Input section start

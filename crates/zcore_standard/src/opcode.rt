//! The opcode of an instruction, by its first bytes (Z-Machine Standards Document 1.1, section 4.3).

ghost use Rattle.std.specs.Prelude.{◌≡◌, ◌<◌, length};
ghost use Rattle.zcore_standard.specs.Opcodes.{opcode_at, opcode_of, extended, plain};

use machine_decoding::first_bytes::{
    OPCODE_NUMBERS, SHORT_FORM, SHORT_FORM_0OP, SHORT_OPCODE_NUMBERS, VARIABLE_FORM,
    VARIABLE_FORM_VAR,
};
use std::fmt;

/// This first byte begins an extended opcode, whose number is the second byte.
pub const EXTENDED: u8 = 0xBE;

/// By what opcodes are numbered (section 14).
#[derive(Clone, Copy, PartialEq, Eq)]
pub enum Numbering {
    /// Two operands: 2OP.
    Two,

    /// One operand: 1OP.
    One,

    /// No operand: 0OP.
    Zero,

    /// Any number of operands: VAR.
    Several,

    /// Extended opcodes: EXT.
    Extended,
}

/// An opcode. `Display` writes its number, as `VAR 7`.
#[derive(Clone, Copy, PartialEq, Eq)]
pub struct Opcode {
    /// By what it is numbered.
    pub numbering: Numbering,

    /// Its number among those.
    pub number: u8,
}

impl fmt::Display for Opcode {
    fn fmt<W: fmt::Write>(&self, f: &mut fmt::Formatter<W>) -> fmt::Result {
        let numbering = match self.numbering {
            Numbering::Two => "2OP",
            Numbering::One => "1OP",
            Numbering::Zero => "0OP",
            Numbering::Several => "VAR",
            Numbering::Extended => "EXT",
        };
        let number = self.number;
        write!(f, "{numbering} {number}")
    }
}

impl Opcode {
    /// The opcode at an address of a story. `None` where the story does not have its bytes.
    pub fn read(story: &[u8], at: usize) -> Option<Opcode>
        ensures { result ≡ opcode_at story.now at }
    {
        if story.len() <= at {
            return None;
        }
        let first = story[at];
        if first == EXTENDED {
            return extended(story, at);
        }
        Some(Opcode::plain(first))
    }

    /// The opcode that two bytes begin. The second counts only in an extended opcode.
    #[inline]
    pub fn of_bytes(first: u8, second: u8) -> Opcode
        ensures { result ≡ opcode_of first second }
    {
        if first == EXTENDED {
            Opcode {
                numbering: Numbering::Extended,
                number: second,
            }
        } else {
            Opcode::plain(first)
        }
    }

    /// The opcode of a first byte that begins no extended one.
    #[inline]
    pub fn plain(first: u8) -> Opcode
        ensures { result ≡ plain first }
    {
        let (numbering, numbers) = if first < SHORT_FORM {
            (Numbering::Two, OPCODE_NUMBERS)
        } else if first < SHORT_FORM_0OP {
            (Numbering::One, SHORT_OPCODE_NUMBERS)
        } else if first < VARIABLE_FORM {
            (Numbering::Zero, SHORT_OPCODE_NUMBERS)
        } else if first < VARIABLE_FORM_VAR {
            (Numbering::Two, OPCODE_NUMBERS)
        } else {
            (Numbering::Several, OPCODE_NUMBERS)
        };
        Opcode {
            numbering,
            number: first % numbers,
        }
    }
}

/// The opcode at an address whose first byte begins an extended one.
fn extended(story: &[u8], at: usize) -> Option<Opcode>
    requires { at < length story.now }
    ensures { result ≡ extended story.now at }
{
    let second = at + 1;
    if story.len() <= second {
        return None;
    }
    Some(Opcode {
        numbering: Numbering::Extended,
        number: story[second],
    })
}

Input section end

Report how many lines of the entries above contain the word "return", giving the number by itself.

3